Lot 38
  • 38

Nangunyarri ('Number One') circa 1980-1971

Estimate
4,000 - 6,000 GBP
bidding is closed

Description

  • Nangunyarri ('Number One')
  • Bima
  • Natural earth pigments on carved ironwood
  • 30cm high

Provenance

Executed Bathurst Island, circa early 1960s
Louis A. Allen, Palo Alto, California, USA
Sotheby’s, Important Aboriginal Art, Melbourne, 29 June, 1998, lot 77 (AU624)
Fiona Brockhoff, Melbourne

Exhibited

Open Air: Portraits in the Landscape, National Portrait Gallery, Canberra, 3 December 2008 - 1 March 2009

Catalogue Note

This sculpture represents Bima, a figure in Tiwi mythology, mourning the death of her son.

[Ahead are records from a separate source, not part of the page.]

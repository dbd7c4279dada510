//! The promise of a drive, of which many clients run their scripts beside each other over one store: what holds of the world that its
//! threads leave, and what is printed of it. Nothing runs one yet.
#![tactic(auto)]
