//! What a client has, as lines.
ghost use Rattle.std.specs.Prelude.{◌≡◌, ◌≤◌, ◌++◌, ◌∷◌, [], length, map, option_map, IfOk, OnOk, Some};
ghost use Rattle.std.specs.Option.{option_copied};
ghost use Rattle.value_model.specs.Val.{text, list, vals_of};
ghost use Rattle.ejson_value.specs.View.{view};
ghost use Rattle.program_steps.specs.Runs.{outcome_view};
ghost use Rattle.client_model.specs.Asking.{call_limit};
ghost use Rattle.ejson_codec.specs.Lines.{line_text};
ghost use Rattle.ejson_codec.specs.Lines.{doc_line};
ghost use Rattle.client_model.specs.Lines.{line_texts, state_words, sub_line, outcome_words, method_line, method_lines, head_line, shown};

use crate::calls::Call;
use crate::numbers::id_of;
use crate::subs::{Sub, Subs};
use client_model::subs::SubState;
use ejson_codec::{Lines, text};
use ejson_value::{Contents, Doc, Items, Key, Mem, Text, Value, copy};
use program_steps::Outcome;
use std::alloc::Global;

// The word that says what a line is.
fn worded(alloc: Global, word: &str) -> Result<Items, Mem>
    ensures { IfOk result (λ items. items ≡ text word.now ∷ []) }
{
    let mut items = Items::new(alloc);
    push_word(alloc, &mut items, word)?;
    Ok(items)
}

fn push_word(alloc: Global, items: &mut Items, word: &str) -> Result<(), Mem>
    ensures { OnOk result (items.new ≡ items.old ++ text word.now ∷ []) }
{
    items.push(Value::Text(Text::from_str(alloc, word)?))
}

fn push_text(items: &mut Items, words: &Text) -> Result<(), Mem>
    ensures { OnOk result (items.new ≡ items.old ++ text words.now ∷ []) }
{
    items.push(Value::Text(words.copy()?))
}

// The text of the list of these values. It takes them, so that no caller has to drop them.
fn list_text(alloc: Global, items: Items) -> Result<Text, Mem>
    ensures { IfOk result (λ words. words ≡ line_text (list (vals_of items))) }
{
    let value = Value::List(items);
    let words = text(alloc, &value);
    drop(value);
    words
}

fn push_line(alloc: Global, lines: &mut Lines, items: Items) -> Result<(), Mem>
    ensures { OnOk result (lines.new ≡ lines.old ++ line_text (list (vals_of items)) ∷ []) }
{
    lines.push(list_text(alloc, items)?)
}

fn push_doc(alloc: Global, lines: &mut Lines, key: &Key, doc: &Doc) -> Result<(), Mem>
    ensures { OnOk result (lines.new ≡ lines.old ++ line_text (doc_line (key.now, doc.now)) ∷ []) }
{
    let mut items = worded(alloc, "doc")?;
    push_text(&mut items, &key.collection)?;
    push_text(&mut items, &key.id)?;
    items.push(Value::Object(doc.copy()?))?;
    push_line(alloc, lines, items)
}

fn push_docs(alloc: Global, lines: &mut Lines, contents: &Contents) -> Result<(), Mem>
    ensures { OnOk result (lines.new ≡ lines.old ++ line_texts (map doc_line contents.now)) }
{
    for (key, doc) in contents.iter() {
        push_doc(alloc, lines, key, doc)?;
    }
    Ok(())
}

// The words for what became of a subscription.
fn push_state(alloc: Global, items: &mut Items, state: &SubState) -> Result<(), Mem>
    ensures { OnOk result (items.new ≡ items.old ++ state_words state.now) }
{
    match state {
        SubState::Waiting => push_word(alloc, items, "waiting"),
        SubState::Ready => push_word(alloc, items, "ready"),
        SubState::Ended => push_word(alloc, items, "ended"),
        SubState::Refused { code } => {
            push_word(alloc, items, "refused")?;
            push_text(items, code)
        }
    }
}

fn push_sub(alloc: Global, lines: &mut Lines, id: &Text, sub: &Sub) -> Result<(), Mem>
    ensures { OnOk result (lines.new ≡ lines.old ++ line_text (sub_line (id.now, sub.now)) ∷ []) }
{
    let mut items = worded(alloc, "sub")?;
    push_text(&mut items, id)?;
    push_state(alloc, &mut items, &sub.state)?;
    push_line(alloc, lines, items)
}

fn push_subs(alloc: Global, lines: &mut Lines, subs: &Subs) -> Result<(), Mem>
    ensures { OnOk result (lines.new ≡ lines.old ++ line_texts (map sub_line subs.now)) }
{
    for (id, sub) in subs.iter() {
        push_sub(alloc, lines, id, sub)?;
    }
    Ok(())
}

// The words for what a call came to.
fn push_outcome(alloc: Global, items: &mut Items, outcome: Option<&Outcome>) -> Result<(), Mem>
    ensures { OnOk result (items.new ≡ items.old ++ outcome_words (option_map outcome_view (option_copied outcome.entry))) }
{
    match outcome {
        None => push_word(alloc, items, "waiting"),
        Some(Outcome::Done(None)) => push_word(alloc, items, "done"),
        Some(Outcome::Done(Some(value))) => {
            push_word(alloc, items, "done")?;
            items.push(copy(value)?)
        }
        Some(Outcome::Failed(fault)) => {
            push_word(alloc, items, "failed")?;
            push_text(items, &fault.code)?;
            push_text(items, &fault.reason)
        }
    }
}

fn push_call(alloc: Global, lines: &mut Lines, number: u32, call: &Call) -> Result<(), Mem>
    ensures { OnOk result (lines.new ≡ lines.old ++ line_text (method_line number call.now) ∷ []) }
{
    let mut items = worded(alloc, "method")?;
    items.push(Value::Text(id_of(alloc, number)?))?;
    push_outcome(alloc, &mut items, call.settled())?;
    push_line(alloc, lines, items)
}

fn push_calls(alloc: Global, lines: &mut Lines, calls: &[Call]) -> Result<(), Mem>
    requires { length calls.now ≤ call_limit }
    ensures { OnOk result (lines.new ≡ lines.old ++ line_texts (method_lines 1 calls.now)) }
{
    let mut number = 0;
    for call in calls {
        number += 1;
        push_call(alloc, lines, number, call)?;
    }
    Ok(())
}

fn push_head(alloc: Global, lines: &mut Lines, name: &Text) -> Result<(), Mem>
    ensures { OnOk result (lines.new ≡ lines.old ++ line_text (head_line name.now) ∷ []) }
{
    let mut items = worded(alloc, "show")?;
    push_text(&mut items, name)?;
    push_line(alloc, lines, items)
}

/// What a client of this name has: its documents by collection and id, its subscriptions by id, and
/// its calls by number.
pub fn show(
    alloc: Global,
    name: &Text,
    contents: &Contents,
    subs: &Subs,
    calls: &[Call],
) -> Result<Lines, Mem>
    requires { length calls.now ≤ call_limit }
    ensures { IfOk result (λ lines. lines ≡ line_texts (shown name.now contents.now subs.now calls.now)) }
{
    let mut lines = Lines::new(alloc);
    push_head(alloc, &mut lines, name)?;
    push_docs(alloc, &mut lines, contents)?;
    push_subs(alloc, &mut lines, subs)?;
    push_calls(alloc, &mut lines, calls)?;
    Ok(lines)
}
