//! Why a client refuses a call or a text.
use ejson_value::Mem;
use minimongo::ViewFault;
use thiserror::Error;

/// Why a client doesn't do what it is asked for.
#[derive(Clone, Copy, Debug, PartialEq, Eq, Error)]
pub enum ClientFault {
    /// It can't be done now: the client isn't connected, or the request makes no sense as things are.
    #[error("not possible now")]
    Idle,
    #[error("out of memory")]
    Memory,
}

/// Why a client doesn't take a text of its server.
#[derive(Clone, Copy, Debug, PartialEq, Eq, Error)]
pub enum TakeFault {
    /// It takes no text any more: its version was refused, or a text broke it.
    #[error("no text is taken any more")]
    Idle,
    /// The text is refused, and has broken the client: 1 it is too long or no JSON object; 2 its
    /// message isn't of its form; 3 it belongs to a session, and there is none yet; 4 a second answer
    /// to `connect`; 5 `added` of a document that is there, 6 `changed` and 7 `removed` of one that
    /// isn't; 8 `result` of a method that awaits none; 9 `updated` of one that awaits none, or of one
    /// twice.
    #[error("the server sent what breaks rule {0}")]
    ServerSent(u8),
    #[error("out of memory")]
    Memory,
}

impl From<Mem> for ClientFault {
    ghost use Rattle.std.specs.Prelude.{◌≡◌};
    ghost use Rattle.client_core.specs.declared.fault.ClientFault.TheVariants.{Memory};

    ghost from_gives = { λ _ e. e ≡ Memory };

    fn from(_: Mem) -> ClientFault {
        ClientFault::Memory
    }
}

impl From<Mem> for TakeFault {
    ghost use Rattle.std.specs.Prelude.{◌≡◌};
    ghost use Rattle.client_core.specs.declared.fault.TakeFault.TheVariants.{Memory};

    ghost from_gives = { λ _ e. e ≡ Memory };

    fn from(_: Mem) -> TakeFault {
        TakeFault::Memory
    }
}

impl From<ViewFault> for TakeFault {
    ghost use Rattle.std.specs.Prelude.{◌≡◌};
    ghost use Rattle.client_core.specs.Faults.{take_fault};

    ghost from_gives = { λ fault e. e ≡ take_fault fault };

    fn from(fault: ViewFault) -> TakeFault {
        match fault {
            ViewFault::Wrong(number) => TakeFault::ServerSent(number),
            ViewFault::Memory => TakeFault::Memory,
        }
    }
}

Louis Allen’s accompanying documentation reads as follows:

‘In the Dreamtime the man Purukapali and his wife Bima had a son. Bima went into the bush for a tryst with Tjapara, the brother of her husband. While the couple committed adultery, they left the baby all day in the sun. When they returned at sunset, the child was dead. Purukapali, the husband, came in from his hunting and found his son dead. He beat his wife severely, then pursued his brother, Tjapara into a tree; they climbed higher and higher, until in desperation, Tjapara leaped into the sky and sought refuge in the moon. He became the Man in the Moon.’